__Requirement__
For the records below, give the count of lines holding the word "refused" and nothing more.

(Records provided)

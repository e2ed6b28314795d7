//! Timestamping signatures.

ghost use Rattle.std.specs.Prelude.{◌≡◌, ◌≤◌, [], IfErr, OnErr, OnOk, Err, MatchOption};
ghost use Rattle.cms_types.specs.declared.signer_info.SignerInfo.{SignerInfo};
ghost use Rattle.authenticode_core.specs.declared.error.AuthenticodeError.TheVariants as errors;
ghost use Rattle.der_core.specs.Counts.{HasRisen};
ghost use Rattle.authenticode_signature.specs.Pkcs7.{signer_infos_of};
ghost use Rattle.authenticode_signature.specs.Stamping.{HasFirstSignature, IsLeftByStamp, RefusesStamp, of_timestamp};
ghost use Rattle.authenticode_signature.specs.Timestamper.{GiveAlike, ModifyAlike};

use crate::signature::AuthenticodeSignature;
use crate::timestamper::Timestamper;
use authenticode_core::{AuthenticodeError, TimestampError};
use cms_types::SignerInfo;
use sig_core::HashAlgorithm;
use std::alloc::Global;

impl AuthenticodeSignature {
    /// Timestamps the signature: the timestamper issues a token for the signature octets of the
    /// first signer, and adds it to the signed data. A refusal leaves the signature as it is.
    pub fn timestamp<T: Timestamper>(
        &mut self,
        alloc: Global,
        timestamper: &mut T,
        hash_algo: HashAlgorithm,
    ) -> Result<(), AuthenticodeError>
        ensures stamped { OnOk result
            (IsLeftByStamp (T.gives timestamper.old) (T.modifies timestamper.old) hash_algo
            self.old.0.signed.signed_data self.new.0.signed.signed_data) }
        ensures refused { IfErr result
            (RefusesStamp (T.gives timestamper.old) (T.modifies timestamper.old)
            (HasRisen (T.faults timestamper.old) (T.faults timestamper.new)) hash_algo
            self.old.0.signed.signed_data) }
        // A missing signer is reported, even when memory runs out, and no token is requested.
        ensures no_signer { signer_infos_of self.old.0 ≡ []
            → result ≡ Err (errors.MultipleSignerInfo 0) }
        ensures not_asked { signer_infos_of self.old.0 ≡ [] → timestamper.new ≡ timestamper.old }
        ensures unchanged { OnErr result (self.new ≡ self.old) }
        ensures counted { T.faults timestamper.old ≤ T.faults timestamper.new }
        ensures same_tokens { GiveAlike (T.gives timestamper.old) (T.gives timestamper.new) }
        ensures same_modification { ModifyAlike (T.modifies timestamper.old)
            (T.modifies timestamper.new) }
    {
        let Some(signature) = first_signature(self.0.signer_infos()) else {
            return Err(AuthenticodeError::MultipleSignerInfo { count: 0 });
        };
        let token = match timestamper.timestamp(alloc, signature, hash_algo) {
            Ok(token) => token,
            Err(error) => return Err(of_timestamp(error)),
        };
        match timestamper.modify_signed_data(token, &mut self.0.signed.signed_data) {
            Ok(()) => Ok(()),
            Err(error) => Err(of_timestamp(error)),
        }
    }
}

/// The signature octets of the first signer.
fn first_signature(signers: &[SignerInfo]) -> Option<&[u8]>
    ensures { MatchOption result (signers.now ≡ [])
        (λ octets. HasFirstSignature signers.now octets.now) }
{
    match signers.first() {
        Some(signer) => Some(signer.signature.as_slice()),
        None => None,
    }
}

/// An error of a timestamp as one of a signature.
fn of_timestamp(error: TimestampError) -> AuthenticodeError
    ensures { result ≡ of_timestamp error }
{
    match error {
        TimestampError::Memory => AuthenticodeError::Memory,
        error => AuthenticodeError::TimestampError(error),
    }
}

(End Records provided)
(Records provided)

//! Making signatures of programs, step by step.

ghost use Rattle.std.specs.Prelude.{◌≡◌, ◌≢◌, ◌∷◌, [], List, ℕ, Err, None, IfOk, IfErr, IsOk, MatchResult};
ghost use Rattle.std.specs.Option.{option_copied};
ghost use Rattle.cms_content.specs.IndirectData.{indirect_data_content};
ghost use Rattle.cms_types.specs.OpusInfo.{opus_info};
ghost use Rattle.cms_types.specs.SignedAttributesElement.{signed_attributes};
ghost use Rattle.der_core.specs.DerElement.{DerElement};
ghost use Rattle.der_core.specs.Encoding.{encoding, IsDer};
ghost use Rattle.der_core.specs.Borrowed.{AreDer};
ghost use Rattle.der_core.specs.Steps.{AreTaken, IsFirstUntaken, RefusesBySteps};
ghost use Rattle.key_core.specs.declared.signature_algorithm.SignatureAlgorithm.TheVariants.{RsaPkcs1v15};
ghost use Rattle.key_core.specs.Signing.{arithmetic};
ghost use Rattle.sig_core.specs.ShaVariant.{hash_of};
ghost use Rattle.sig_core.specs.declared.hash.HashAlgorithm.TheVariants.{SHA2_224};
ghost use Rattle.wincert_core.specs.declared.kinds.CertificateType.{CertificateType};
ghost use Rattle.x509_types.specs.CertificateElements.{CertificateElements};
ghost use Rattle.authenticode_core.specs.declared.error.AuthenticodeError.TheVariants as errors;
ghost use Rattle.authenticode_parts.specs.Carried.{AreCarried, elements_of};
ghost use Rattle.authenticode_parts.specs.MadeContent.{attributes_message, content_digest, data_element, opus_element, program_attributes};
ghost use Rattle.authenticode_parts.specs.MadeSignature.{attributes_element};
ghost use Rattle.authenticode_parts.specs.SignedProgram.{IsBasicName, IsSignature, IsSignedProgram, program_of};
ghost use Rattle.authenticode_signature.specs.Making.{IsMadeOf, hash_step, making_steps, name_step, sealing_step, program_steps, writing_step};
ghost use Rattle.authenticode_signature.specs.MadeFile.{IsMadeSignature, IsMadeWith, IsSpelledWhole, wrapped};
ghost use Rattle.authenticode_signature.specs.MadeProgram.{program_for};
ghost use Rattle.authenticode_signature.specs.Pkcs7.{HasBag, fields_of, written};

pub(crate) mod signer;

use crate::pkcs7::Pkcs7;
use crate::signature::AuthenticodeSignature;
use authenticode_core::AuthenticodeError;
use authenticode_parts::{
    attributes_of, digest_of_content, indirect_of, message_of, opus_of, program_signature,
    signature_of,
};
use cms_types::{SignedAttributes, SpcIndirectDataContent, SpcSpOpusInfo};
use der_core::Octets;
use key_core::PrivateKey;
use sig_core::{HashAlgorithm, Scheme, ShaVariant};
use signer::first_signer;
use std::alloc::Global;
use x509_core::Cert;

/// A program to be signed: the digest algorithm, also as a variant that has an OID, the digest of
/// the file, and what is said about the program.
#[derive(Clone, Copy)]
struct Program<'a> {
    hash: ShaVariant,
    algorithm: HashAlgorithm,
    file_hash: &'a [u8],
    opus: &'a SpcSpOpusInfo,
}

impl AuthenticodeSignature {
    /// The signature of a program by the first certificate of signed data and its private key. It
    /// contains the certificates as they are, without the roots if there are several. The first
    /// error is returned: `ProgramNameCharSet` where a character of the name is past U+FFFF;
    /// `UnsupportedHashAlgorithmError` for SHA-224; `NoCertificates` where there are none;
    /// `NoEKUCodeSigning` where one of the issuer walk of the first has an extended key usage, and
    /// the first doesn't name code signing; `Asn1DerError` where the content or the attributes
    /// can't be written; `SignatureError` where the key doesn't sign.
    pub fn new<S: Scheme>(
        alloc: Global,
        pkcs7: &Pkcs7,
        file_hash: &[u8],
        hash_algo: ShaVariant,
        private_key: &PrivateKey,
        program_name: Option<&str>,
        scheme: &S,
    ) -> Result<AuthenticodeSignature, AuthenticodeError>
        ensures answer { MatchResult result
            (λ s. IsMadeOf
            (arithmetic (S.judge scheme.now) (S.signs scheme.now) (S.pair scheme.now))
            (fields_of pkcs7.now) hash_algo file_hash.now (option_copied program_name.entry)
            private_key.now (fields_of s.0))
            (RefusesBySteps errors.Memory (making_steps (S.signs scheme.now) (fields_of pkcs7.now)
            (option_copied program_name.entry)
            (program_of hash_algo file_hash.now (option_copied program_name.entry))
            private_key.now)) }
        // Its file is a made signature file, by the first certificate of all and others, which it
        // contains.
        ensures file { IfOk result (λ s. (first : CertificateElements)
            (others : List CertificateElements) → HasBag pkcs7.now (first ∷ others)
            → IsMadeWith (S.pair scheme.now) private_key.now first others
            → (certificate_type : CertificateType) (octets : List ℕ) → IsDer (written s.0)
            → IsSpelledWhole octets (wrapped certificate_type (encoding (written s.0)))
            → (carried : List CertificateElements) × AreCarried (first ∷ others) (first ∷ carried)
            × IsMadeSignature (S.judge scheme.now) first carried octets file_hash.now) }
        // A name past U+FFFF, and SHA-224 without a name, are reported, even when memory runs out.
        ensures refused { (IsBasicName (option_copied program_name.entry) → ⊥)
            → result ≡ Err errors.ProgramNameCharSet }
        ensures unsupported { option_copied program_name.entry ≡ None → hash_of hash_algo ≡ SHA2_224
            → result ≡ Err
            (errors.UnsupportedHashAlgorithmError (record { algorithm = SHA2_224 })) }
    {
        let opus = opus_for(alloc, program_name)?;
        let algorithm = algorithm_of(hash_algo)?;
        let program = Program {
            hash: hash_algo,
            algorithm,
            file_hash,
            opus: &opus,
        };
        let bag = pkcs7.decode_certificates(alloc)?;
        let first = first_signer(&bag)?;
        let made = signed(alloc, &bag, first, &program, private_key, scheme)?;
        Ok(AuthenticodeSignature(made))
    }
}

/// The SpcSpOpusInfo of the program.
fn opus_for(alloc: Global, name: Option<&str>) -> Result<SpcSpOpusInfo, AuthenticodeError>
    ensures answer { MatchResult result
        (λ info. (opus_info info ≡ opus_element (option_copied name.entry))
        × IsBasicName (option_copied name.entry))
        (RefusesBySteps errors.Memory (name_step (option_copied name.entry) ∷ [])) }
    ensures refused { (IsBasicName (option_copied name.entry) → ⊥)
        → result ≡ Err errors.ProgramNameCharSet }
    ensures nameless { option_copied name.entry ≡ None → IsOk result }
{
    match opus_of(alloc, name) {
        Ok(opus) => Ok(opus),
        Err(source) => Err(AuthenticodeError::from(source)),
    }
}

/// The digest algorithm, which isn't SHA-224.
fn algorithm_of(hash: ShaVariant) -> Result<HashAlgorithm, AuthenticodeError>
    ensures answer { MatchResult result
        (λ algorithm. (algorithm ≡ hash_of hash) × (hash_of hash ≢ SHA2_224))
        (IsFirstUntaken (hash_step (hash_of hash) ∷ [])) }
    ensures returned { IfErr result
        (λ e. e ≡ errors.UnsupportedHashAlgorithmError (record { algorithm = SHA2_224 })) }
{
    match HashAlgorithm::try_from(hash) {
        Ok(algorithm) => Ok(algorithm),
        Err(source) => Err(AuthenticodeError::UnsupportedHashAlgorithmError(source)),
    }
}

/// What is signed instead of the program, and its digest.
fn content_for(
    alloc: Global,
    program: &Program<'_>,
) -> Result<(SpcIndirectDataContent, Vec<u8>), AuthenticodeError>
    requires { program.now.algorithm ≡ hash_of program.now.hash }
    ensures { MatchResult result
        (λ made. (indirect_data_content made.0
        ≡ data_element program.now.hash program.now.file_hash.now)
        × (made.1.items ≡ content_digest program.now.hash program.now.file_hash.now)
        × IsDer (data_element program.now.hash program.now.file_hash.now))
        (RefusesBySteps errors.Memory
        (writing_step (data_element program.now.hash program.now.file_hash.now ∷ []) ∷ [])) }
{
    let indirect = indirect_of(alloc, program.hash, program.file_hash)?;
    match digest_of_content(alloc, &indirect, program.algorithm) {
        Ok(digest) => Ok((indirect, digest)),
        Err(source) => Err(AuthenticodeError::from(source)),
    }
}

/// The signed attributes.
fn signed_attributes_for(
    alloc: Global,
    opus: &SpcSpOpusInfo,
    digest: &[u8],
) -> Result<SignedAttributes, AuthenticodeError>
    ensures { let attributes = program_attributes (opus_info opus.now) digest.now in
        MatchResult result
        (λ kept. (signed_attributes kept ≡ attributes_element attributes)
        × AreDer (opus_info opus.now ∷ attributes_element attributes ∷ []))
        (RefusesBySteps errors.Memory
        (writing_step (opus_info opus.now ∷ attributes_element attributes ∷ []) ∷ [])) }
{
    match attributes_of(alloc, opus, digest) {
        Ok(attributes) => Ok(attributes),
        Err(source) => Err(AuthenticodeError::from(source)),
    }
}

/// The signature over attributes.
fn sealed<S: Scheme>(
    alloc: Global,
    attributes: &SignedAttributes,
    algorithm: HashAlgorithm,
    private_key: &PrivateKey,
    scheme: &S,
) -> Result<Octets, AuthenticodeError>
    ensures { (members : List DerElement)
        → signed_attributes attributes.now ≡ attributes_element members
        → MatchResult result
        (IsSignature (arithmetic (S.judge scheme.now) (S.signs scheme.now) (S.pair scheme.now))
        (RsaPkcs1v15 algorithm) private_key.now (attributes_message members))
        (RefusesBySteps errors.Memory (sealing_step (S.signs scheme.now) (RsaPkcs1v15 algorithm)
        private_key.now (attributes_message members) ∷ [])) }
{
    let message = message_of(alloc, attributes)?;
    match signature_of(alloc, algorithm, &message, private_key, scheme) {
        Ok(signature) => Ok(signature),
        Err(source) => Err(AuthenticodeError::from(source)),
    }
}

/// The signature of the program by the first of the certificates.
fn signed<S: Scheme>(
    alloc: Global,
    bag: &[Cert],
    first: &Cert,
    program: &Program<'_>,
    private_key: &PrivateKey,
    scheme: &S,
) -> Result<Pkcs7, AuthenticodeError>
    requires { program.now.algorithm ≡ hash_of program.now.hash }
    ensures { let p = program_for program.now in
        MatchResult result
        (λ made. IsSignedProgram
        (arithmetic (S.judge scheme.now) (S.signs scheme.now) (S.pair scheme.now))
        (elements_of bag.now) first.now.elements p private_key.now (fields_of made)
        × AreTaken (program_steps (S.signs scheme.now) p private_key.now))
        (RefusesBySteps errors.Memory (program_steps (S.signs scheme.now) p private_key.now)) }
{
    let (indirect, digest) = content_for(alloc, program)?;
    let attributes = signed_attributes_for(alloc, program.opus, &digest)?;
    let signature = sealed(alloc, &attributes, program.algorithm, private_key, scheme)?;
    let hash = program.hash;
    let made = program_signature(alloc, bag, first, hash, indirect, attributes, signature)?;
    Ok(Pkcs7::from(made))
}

(End Records provided)

__Written answer__
3